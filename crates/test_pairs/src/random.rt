// Many traces at random.
use crate::compare::{LENDINGS, Lending, compare};
use crate::counts::Counts;
use test_calls::drawn::sizes_of;
use test_calls::{Answer, judging};
use test_outcome::{Outcome, try_each};
use test_samples::draws::{below, next, seed_of, stream};
use test_samples::make;
use test_slow::Memory;
use test_slow::close::Way;

const TRACES: usize = 4000;

// Half of them have slices that are just long enough.
fn lending_of(seed: usize) -> Lending {
    let draw = stream(seed, 6);
    if below(draw, 2) == 0 {
        return Lending::EXACT;
    }
    Lending::of(below(next(draw), LENDINGS))
}

fn answer(i: usize, memory: &mut Memory) -> Answer {
    let seed = seed_of(i);
    let mut events = [0u16; 12300];
    let n = make(&mut events, seed);
    let call = judging(sizes_of(n, stream(seed, 5)), seed);
    compare(&events, call, lending_of(seed), Way::Right, memory)
}

pub fn try_all(memory: &mut Memory, counts: &mut Counts) -> Outcome {
    try_each(TRACES, |i| counts.take(answer(i, memory)))
}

**What you need to do**
Could you tally the lines in the data that contain the string "LENDINGS" and answer with the number alone?

**Answer space**
2